AI use carries bias risk for financial regulators
The House Financial Services Artificial Intelligence Task Force recently started to examine the opportunities and challenges presented by the growing use of artificial intelligence in the financial services industry.
The AI task force should broaden its scope to also explore whether AI and algorithms used by financial regulators help or hurt its citizenry.
Financial regulators view AI as a useful tool to increase efficiency. For instance, regulators have used machine learning to detect fishy text in corporate filings, identify money-laundering networks and discover tax cheats.
However, scant attention is given to the potential for bias in supervisory algorithms used by regulators.
First, consider how bias can enter into the anti-money-laundering reports that banks file with the Financial Crimes Enforcement Network. Structural barriers including linguistic or socioeconomic hurdles can inadvertently create bias within data.
About 14% of Hispanic households in the U.S. are “unbanked” and mostly rely on cash and prepaid debit cards, according to the Federal Deposit Insurance Corp.’s latest survey of unbanked and underbanked households. Another 17% of African-American households were also unbanked. In some cases, these adults do not have a current, government-issued photo ID.
As a result, bank AML algorithms may flag frequent but innocuous prepaid card transactions for Hispanic customers and banks could file disproportionate reports with Fincen on “suspicious” IDs for African-Americans.
Fincen has found explicit bias in the AML data reported to the agency and reminded banks that an AML “filing should not be based on a person’s ethnicity,” such as being “of Middle Eastern” descent. Despite the potential for bias, Fincen’s data is widely available to law enforcement agencies, and also employs algorithms to screen filings to identify reports that merit further review.
Missing or incomplete data can also introduce bias into the algorithms.
Financial regulators use the Consumer Financial Protection Bureau’s consumer complaints database to decide which cases to pursue. Over 80% of complaints in 2017 were submitted by consumers directly via the agency’s online platform.
However, individuals without access to the internet are disproportionately elderly, have lower educational levels and low incomes. Scammers who prey on this group may escape justice because the CFPB is inundated with complaints filed online by wealthier, younger consumers.
Finally, consider a securities regulator’s use of algorithms to identify high-risk financial advisers and firms. The Financial Industry Regulatory Authority developed a predictive model using criteria, including complaints and terminations, to generate a numeric risk score for financial advisers.

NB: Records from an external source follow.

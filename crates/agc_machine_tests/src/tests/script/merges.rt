//! Tests the tape of live keys, and its merge with a script.
use super::*;

/// Returns the script with the keys of a tape.
fn merge(rt: &(impl AllocGlobal + Abort), script: &Script, tape: &Tape) -> Script {
    script.merge(rt.alloc(), tape).ok().expect(rt, "room")
}

/// Checks that a script with the keys of a tape has these events.
fn merges(rt: &(impl AllocGlobal + Abort), script: &Script, tape: &Tape, events: &[Event]) {
    has(rt, &merge(rt, script, tape), events);
}

#[test]
fn command_line_tape(rt: HostRuntime) {
    let mut tape = Tape::new(rt.alloc());
    equal(&rt, tape.len(), 0);
    assert!(rt; tape.is_empty());
    assert!(rt; tape.push(5, Key::Verb).is_ok());
    equal(&rt, tape.len(), 1);
    assert!(rt; !tape.is_empty());
    equal(&rt, tape.at(0), (5, Key::Verb));
    assert!(rt; tape.push(6, Key::Noun).is_ok());
    equal(&rt, tape.len(), 2);
    equal(&rt, tape.at(0), (5, Key::Verb));
    equal(&rt, tape.at(1), (6, Key::Noun));
}

#[test]
fn live_keys_replay_merge(rt: HostRuntime) {
    let mut tape = Tape::new(rt.alloc());
    let script = parse(&rt, b"5 raise 1\n6 raise 2");
    assert!(rt; tape.push(5, Key::Verb).is_ok());
    let first = [raise(5, 1), key(5, Key::Verb), raise(6, 2)];
    merges(&rt, &script, &tape, &first);

    assert!(rt; tape.push(9, Key::Enter).is_ok());
    let both = [
        raise(5, 1),
        key(5, Key::Verb),
        raise(6, 2),
        key(9, Key::Enter),
    ];
    merges(&rt, &script, &tape, &both);
}

/// Keys before, between and after the events of a script, and a tape without keys.
#[test]
fn keys_between_events(rt: HostRuntime) {
    let mut tape = Tape::new(rt.alloc());
    let nothing = Script::empty(rt.alloc());
    assert!(rt; merge(&rt, &nothing, &tape).is_empty());

    assert!(rt; tape.push(0, Key::Verb).is_ok());
    assert!(rt; tape.push(6, Key::Three).is_ok());
    assert!(rt; tape.push(8, Key::Five).is_ok());
    assert!(rt; tape.push(LAST_CYCLE, Key::Enter).is_ok());
    let keys = [
        key(0, Key::Verb),
        key(6, Key::Three),
        key(8, Key::Five),
        key(LAST_CYCLE, Key::Enter),
    ];
    merges(&rt, &nothing, &tape, &keys);

    let script = parse(&rt, b"1 raise 1\n9 raise 2\n9 raise 3");
    let all = [
        key(0, Key::Verb),
        raise(1, 1),
        key(6, Key::Three),
        key(8, Key::Five),
        raise(9, 2),
        raise(9, 3),
        key(LAST_CYCLE, Key::Enter),
    ];
    merges(&rt, &script, &tape, &all);
}

#[test]
fn merge_limit(rt: HostRuntime) {
    let full = parse(&rt, b"every 1 0 65535 raise 1");
    let mut tape = Tape::new(rt.alloc());
    merges(&rt, &full, &tape, listed(&rt, &full).as_slice());
    assert!(rt; tape.push(5, Key::Verb).is_ok());
    let nearly = parse(&rt, b"every 1 0 65534 raise 1");
    equal(&rt, merge(&rt, &nearly, &tape).len(), MOST_EVENTS);
    let (line, kind) = (0, FaultKind::TooMany);
    let refused = full.merge(rt.alloc(), &tape).err();
    equal(&rt, refused, Some(ScriptFault { line, kind }));
}
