/// Returns the operations of the word at a place, which is no operand. That of a word that no rule of the language reads says so.
pub fn operations_at(
    alloc: Global,
    store: &Store,
    names: &Option<SymbolTable>,
    place: usize,
) -> Result<Operations, AllocError> {
    let mut reader = Reader::new(store, names);
    let bits = reader.bits_at(place);
    if bits < 0o40000 {
        return reader.store_at(alloc, place, bits);
    }
    let behind = place.saturating_add(1);
    match reader.pair_at(place, bits) {
        Some(pair) => reader.texts_of(alloc, pair, behind),
        None => unread(alloc),
    }
}

/// Returns the text of a word that no rule of the language reads.
fn unread(alloc: Global) -> Result<Operations, AllocError> {
    let left = OperationText {
        name: String::from_str(alloc, UNREAD)?,
        operands: String::new(alloc),
    };
    Ok(Operations { left, right: None })
}

/// Returns a line for each word from the first place to the last: place, word, and what it is in the interpretive
/// language. The first word is a pair of operations or a store.
pub fn interpretive_lines(
    alloc: Global,
    store: &Store,
    names: &Option<SymbolTable>,
    first: usize,
    last: usize,
) -> Result<String, AllocError> {
    let mut text = String::new(alloc);
    let mut reader = Reader::new(store, names);
    for place in first..FIXED_WORDS as usize {
        if place > last {
            break;
        }
        reader.push_word(&mut text, place)?;
        text.push_str("\n")?;
    }
    Ok(text)
}

impl<'a> Reader<'a> {
    ghost use Rattle.std.specs.Prelude.{◌<◌};

    /// Returns a reader before a pair of operations or a store.
    pub(crate) fn new(store: &'a Store, names: &'a Option<SymbolTable>) -> Reader<'a> {
        Reader {
            store,
            names,
            due: Pending::NOTHING,
            has_exit: false,
            is_unread: false,
        }
    }

    /// Returns whether no rule of the language reads the last word.
    pub(crate) fn is_unread(&self) -> bool {
        self.is_unread
    }

    /// Returns whether EXIT was among the last operations.
    pub(crate) fn has_exit(&self) -> bool {
        self.has_exit
    }

    /// Returns whether the code ends before the word at a place: EXIT was among the last operations, and the word is none of
    /// their operands.
    pub(crate) fn has_ended(&self, place: usize) -> bool {
        self.has_exit
            && match self.due.first {
                None => true,
                Some(Due::Popped) => self.bits_at(place) >= 0o40000,
                Some(_) => false,
            }
    }

    /// Appends the place of a word, the word, and what it is.
    pub(crate) fn push_word(&mut self, text: &mut String, place: usize) -> Result<(), AllocError> {
        let bits = self.bits_at(place);
        push_rope_place(text, place)?;
        write!(text, " {bits:05o} ")?;
        self.is_unread = false;
        self.push_line(text, place, bits)
    }

    /// Returns the bits of the word at a place; 0 past fixed memory.
    fn bits_at(&self, place: usize) -> u16
        ensures { result < 0o100000 }
    {
        if place < FIXED_WORDS as usize {
            self.store.fixed_at(place).bits()
        } else {
            0
        }
    }

    /// Appends what the word at a place is.
    fn push_line(&mut self, text: &mut String, place: usize, bits: u16) -> Result<(), AllocError>
        requires { bits < 0o100000 }
    {
        match self.due.first {
            Some(Due::Popped) if bits >= 0o40000 => self.push_code(text, place, bits),
            Some(due) => {
                self.due = self.due.rest();
                self.push_operand(text, due, place, bits)
            }
            None if self.due.is_behind_stadr => self.push_store(text, 0o77777 - bits),
            None if bits < 0o40000 => self.push_store(text, bits),
            None => self.push_code(text, place, bits),
        }
    }

    /// Appends a pair of operations; behind STADR a word is a store all the same.
    fn push_code(&mut self, text: &mut String, place: usize, bits: u16) -> Result<(), AllocError>
        requires { bits < 0o100000 }
    {
        if self.due.is_behind_stadr {
            return self.push_store(text, 0o77777 - bits);
        }
        let Some(Pair { left, right }) = self.pair_at(place, bits) else {
            return self.push_unread(text);
        };
        self.has_exit = is_exit(left) || right.is_some_and(is_exit);
        push_name(text, left)?;
        match right {
            Some(right) => {
                self.due = Pending::behind(left.operation, Some(right.operation));
                text.push_str(" ")?;
                push_name(text, right)
            }
            None => {
                self.due = Pending::behind(left.operation, None);
                Ok(())
            }
        }
    }

    /// Returns the operations of a word at a place, or `None` if no rule of the language reads it.
    fn pair_at(&self, place: usize, bits: u16) -> Option<Pair>
        requires { bits < 0o100000 }
    {
        let (left, right) = pair_in(bits)?;
        let operand = place.saturating_add(1);
        let left = self.named(left, operand)?;
        let Some(code) = right else {
            return Some(Pair { left, right: None });
        };
        let behind = Pending::behind(left.operation, None);
        let right = self.named(code, operand.saturating_add(count_of(&behind)))?;
        let right = Some(right);
        Some(Pair { left, right })
    }

    /// Returns the text of a store at a place, with what it loads or calls.
    fn store_at(
        &mut self,
        alloc: Global,
        place: usize,
        bits: u16,
    ) -> Result<Operations, AllocError> {
        let mut name = String::new(alloc);
        self.push_store(&mut name, bits)?;
        let mut operands = String::new(alloc);
        let due = self.due.first;
        self.push_due(&mut operands, due, place.saturating_add(1))?;
        let left = OperationText { name, operands };
        Ok(Operations { left, right: None })
    }

    /// Returns the texts of a pair, whose operands begin at a place.
    fn texts_of(
        &mut self,
        alloc: Global,
        pair: Pair,
        first: usize,
    ) -> Result<Operations, AllocError> {
        let (left, behind) = self.text_of(alloc, pair.left, first)?;
        let Some(right) = pair.right else {
            return Ok(Operations { left, right: None });
        };
        let (right, _) = self.text_of(alloc, right, behind)?;
        let right = Some(right);
        Ok(Operations { left, right })
    }

    /// Returns the text of an operation whose operands begin at a place, and the place behind them.
    fn text_of(
        &mut self,
        alloc: Global,
        named: Named,
        first: usize,
    ) -> Result<(OperationText, usize), AllocError> {
        let mut name = String::new(alloc);
        push_name(&mut name, named)?;
        let mut operands = String::new(alloc);
        let due = Pending::behind(named.operation, None);
        let second = self.push_due(&mut operands, due.first, first)?;
        let behind = self.push_due(&mut operands, due.second, second)?;
        Ok((OperationText { name, operands }, behind))
    }

    /// Appends an operand, if there are names, whose word is at a place. Returns the place behind it: the same if none is due,
    /// or if it is popped.
    fn push_due(
        &mut self,
        text: &mut String,
        due: Option<Due>,
        place: usize,
    ) -> Result<usize, AllocError> {
        let Some(due) = due else {
            return Ok(place);
        };
        let bits = self.bits_at(place);
        if matches!(due, Due::Popped) && bits >= 0o40000 {
            return Ok(place);
        }
        if self.names.is_some() {
            text.push_str(" ")?;
            self.push_operand(text, due, place, bits)?;
        }
        Ok(place.saturating_add(1))
    }

    fn push_unread(&mut self, text: &mut String) -> Result<(), AllocError> {
        self.due = Pending::NOTHING;
        self.push_unread_operand(text)
    }

    fn push_unread_operand(&mut self, text: &mut String) -> Result<(), AllocError> {
        self.is_unread = true;
        text.push_str(UNREAD)
    }

    /// Returns the operation with a code, whose first operand is at a place.
    fn named(&self, code: u16, operand: usize) -> Option<Named> {
        let code = code % 0o200;
        let is_indexed = indexes(code);
        let bits = self.bits_at(operand);
        let name = match name_in(code) {
            "GSHIFT" => shift_name(shift_in(is_indexed, bits)?.0),
            "SW/" => switch_name(bits)?,
            name => name,
        };
        let operation = Operation::from_name(name.as_bytes())?;
        Some(Named {
            name,
            is_indexed,
            operation: Operation {
                code: operation.code,
                form: operation.form,
                is_indexed,
            },
        })
    }

    /// Appends a store with its cell.
    fn push_store(&mut self, text: &mut String, bits: u16) -> Result<(), AllocError> {
        let Some((store, cell)) = store_in(bits) else {
            return self.push_unread(text);
        };
        let (name, kind, is_indexed, index) = store_parts(store);
        self.due = Pending::behind(
            Operation {
                code: 0,
                form: Form::Store(kind),
                is_indexed,
            },
            None,
        );
        text.push_str(name)?;
        text.push_str(if is_indexed { "* " } else { " " })?;
        self.push_place(text, Place::Erasable(cell))?;
        push_index(text, index)
    }

    /// Appends an operand.
    fn push_operand(
        &mut self,
        text: &mut String,
        due: Due,
        place: usize,
        bits: u16,
    ) -> Result<(), AllocError>
        requires { bits < 0o100000 }
    {
        match due {
            Due::Popped => self.push_address(text, false, place, bits),
            Due::Address(is_indexed) => self.push_address(text, is_indexed, place, bits),
            Due::Shift(_, is_indexed) => match shift_in(is_indexed, bits) {
                Some((_, count, index)) => {
                    push_count(text, count)?;
                    push_index(text, index)
                }
                None => self.push_unread_operand(text),
            },
            Due::Constant if bits >= 0o40000 => write!(text, "-{:o}", 0o77777 - bits),
            Due::Constant => write!(text, "{bits:o}"),
            Due::Cell => self.push_place(text, cell_in(bits)),
            Due::Branch => self.push_place(text, branch_in(bits)),
            Due::Cadr => self.push_place(text, cadr_in(bits)),
            Due::Switch(_, _) => write!(text, "{:o}", switch_in(bits).2),
        }
    }

    fn push_address(
        &mut self,
        text: &mut String,
        is_indexed: bool,
        place: usize,
        bits: u16,
    ) -> Result<(), AllocError>
        requires { bits < 0o100000 }
    {
        let half = if place < 0o40000 { 0 } else { 0o40000 };
        match address_in(half, is_indexed, bits) {
            Some((place, index)) => {
                self.push_place(text, place)?;
                push_index(text, index)
            }
            None => self.push_unread_operand(text),
        }
    }

    /// Appends a place by its name, or as sources write it: a decimal offset that would be another octal one ends in D.
    fn push_place(&self, text: &mut String, place: Place) -> Result<(), AllocError> {
        let location = match place {
            Place::Erasable(cell) => Location::Erasable(u32::from(cell)),
            Place::Fixed(fixed) => Location::Fixed(u32::from(fixed)),
        };
        if let Some(names) = self.names {
            if let Some(near) = names.operand_at(location) {
                push_nearby(text, near)?;
                return text.push_str(if near.offset > 7 { "D" } else { "" });
            }
        }
        match place {
            Place::Erasable(cell) => write!(text, "{cell:o}"),
            Place::Fixed(fixed) => push_rope_place(text, usize::from(fixed)),
        }
    }
}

Importantly, the study found that female advisers engage in less costly misconduct and have a lower propensity toward repeat offenses.

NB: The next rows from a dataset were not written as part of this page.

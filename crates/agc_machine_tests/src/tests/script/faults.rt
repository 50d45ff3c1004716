//! Tests rejected scripts: which line is reported, and which of its faults.
use super::*;

#[test]
fn script_faults(rt: HostRuntime) {
    let long = repeated(&rt, b"0", 121);
    refuses(
        &rt,
        &[
            (&long, 1, FaultKind::LineTooLong),
            (b"\xFF", 1, FaultKind::NotAscii),
            (b"5 key 1\n4 key 2", 2, FaultKind::OutOfOrder),
            (b"11111111111111111111 key 1", 1, FaultKind::BadCycle),
            (b"# x\n0 input 1000 0", 2, FaultKind::OutOfRange),
            (b"0 key VERB\n0 key FOO", 2, FaultKind::UnknownWord),
            (b"0 input 10 9", 1, FaultKind::BadNumber),
            (b"0 raise 1\n\xFF", 2, FaultKind::NotAscii),
        ],
    );
    assert!(rt; parse(&rt, b"").is_empty());
    assert!(rt; !parse(&rt, b"0 raise 1").is_empty());
    let full = repeated(&rt, b"0 raise 1\n", MOST_EVENTS + 1);
    refuses(&rt, &[(&full, MOST_EVENTS + 1, FaultKind::TooMany)]);
    let full = repeated(&rt, b"0 raise 1\n", MOST_EVENTS);
    equal(&rt, parse(&rt, &full).len(), MOST_EVENTS);
}

#[test]
fn poke_line_faults(rt: HostRuntime) {
    refuses(
        &rt,
        &[
            (b"5 poke 0 100 1\n4 poke 0 100 1", 2, FaultKind::OutOfOrder),
            (b"0 poke 0 7 1", 1, FaultKind::OutOfRange),
            (b"0 poke 8 400 1", 1, FaultKind::BadNumber),
            (b"0 poke 0 100", 1, FaultKind::UnknownWord),
        ],
    );
}

#[test]
fn script_edges(rt: HostRuntime) {
    refuses(
        &rt,
        &[
            (b"1000000000001 raise 1", 1, FaultKind::BadCycle),
            (b"0", 1, FaultKind::UnknownWord),
            (b"0 raise 11", 1, FaultKind::OutOfRange),
            (b"0 raise 0000001", 1, FaultKind::BadNumber),
            (b"0 pulse 23 pinc", 1, FaultKind::OutOfRange),
            (b"0 poke 9 400 1", 1, FaultKind::BadNumber),
        ],
    );
    accepts(&rt, &[b"1000000000000 raise 1"]);
    let too_long = Some(FaultKind::LineTooLong);
    ends_with(&rt, " \r\n", None);
    ends_with(&rt, "\r\n", None);
    ends_with(&rt, "  \r\n", too_long);
    ends_with(&rt, " ", None);
    ends_with(&rt, "  ", too_long);
    ends_with(&rt, " \r", None);
}

/// Checks that a line of 119 bytes plus this end is rejected with this kind of fault, or accepted.
fn ends_with(rt: &(impl AllocGlobal + Abort), end: &str, kind: Option<FaultKind>) {
    let blanks = repeated(rt, b" ", 111);
    let file = joined(rt, &[b"0 raise", &blanks, b"1", end.as_bytes()]);
    equal_at(rt, end, fault(rt, &file).map(|fault| fault.kind), kind);
}

/// If a line has two faults, the first in the list of kinds is reported.
#[test]
fn first_kind(rt: HostRuntime) {
    let long = joined(&rt, &[&[b'x'; 120], b"\xFF"]);
    refuses(
        &rt,
        &[
            (&long, 1, FaultKind::LineTooLong),
            (b"x\x80", 1, FaultKind::NotAscii),
            (b"5 raise 1\nx foo", 2, FaultKind::BadCycle),
            (b"5 raise 1\n4 foo", 2, FaultKind::OutOfOrder),
            (b"0 input 9", 1, FaultKind::UnknownWord),
            (b"0 pulse 9 foo", 1, FaultKind::UnknownWord),
            (b"0 poke 8 400 1", 1, FaultKind::BadNumber),
            (b"0 input 1000 8", 1, FaultKind::BadNumber),
            (
                b"every 1 0 65535 raise 1\n0 raise 11",
                2,
                FaultKind::OutOfRange,
            ),
            (
                b"every 1 0 65535 raise 1\n0 raise 10",
                2,
                FaultKind::TooMany,
            ),
        ],
    );
}

/// If several lines are faulty, the first is reported, whatever its kind.
#[test]
fn first_line(rt: HostRuntime) {
    refuses(
        &rt,
        &[
            (b"0 raise 11\nx\n\xFF", 1, FaultKind::OutOfRange),
            (b"0 raise 1\n0 raise 1 1\nx", 2, FaultKind::UnknownWord),
            (
                b"# x\n\n5 raise 1\n# y\n4 raise 1\nx",
                5,
                FaultKind::OutOfOrder,
            ),
        ],
    );
}

/// Commands with too few words or too many, and words that are not in the grammar.
#[test]
fn unknown_words(rt: HostRuntime) {
    for lines in [
        b"0; 0 #; 0 every 1 0 5 raise 1".as_slice(),
        b"0 key; 0 key verb; 0 key VERB NOUN; 0 key PRO".as_slice(),
        b"0 pro; 0 pro left; 0 pro Down; 0 pro up down".as_slice(),
        b"0 input 30; 0 input 30 0 0; 0 poke 0 100; 0 poke 0 100 1 1".as_slice(),
        b"0 pulse 30; 0 pulse pinc 30; 0 pulse 30 PINC; 0 pulse 30 dinc".as_slice(),
        b"0 pulse 30 pinc 1; 0 raise; 0 raise 1 1; 0 Raise 1".as_slice(),
    ] {
        refuses_each(&rt, FaultKind::UnknownWord, lines);
    }
}

#[test]
fn faults_have_texts(rt: HostRuntime) {
    let fault = ScriptFault {
        line: 7,
        kind: FaultKind::TooMany,
    };
    let text = format!(in rt.alloc(); "{fault}").expect(&rt, "memory");
    equal(
        &rt,
        text.as_str(),
        "line 7: there are more than 65536 events",
    );
}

Finra’s algorithm could lead to the adverse and inaccurate consequence of an over-representation of women being classified as high-risk advisers.
Additionally, Finra recently proposed that firms classified as high-risk could improve their classification via a “one-time opportunity to reduce staffing levels.” This “opportunity” may further compound the lopsided terminations women face in the financial services industry.
Regulators need to review their own supervisory algorithms for unintended discriminatory outcomes. Otherwise, they may unwittingly play a role in perpetuating inequalities.
Whether financial regulators use of emerging technology will become a force for good or ill may depend on how the House Financial Services AI task force tackles the issue.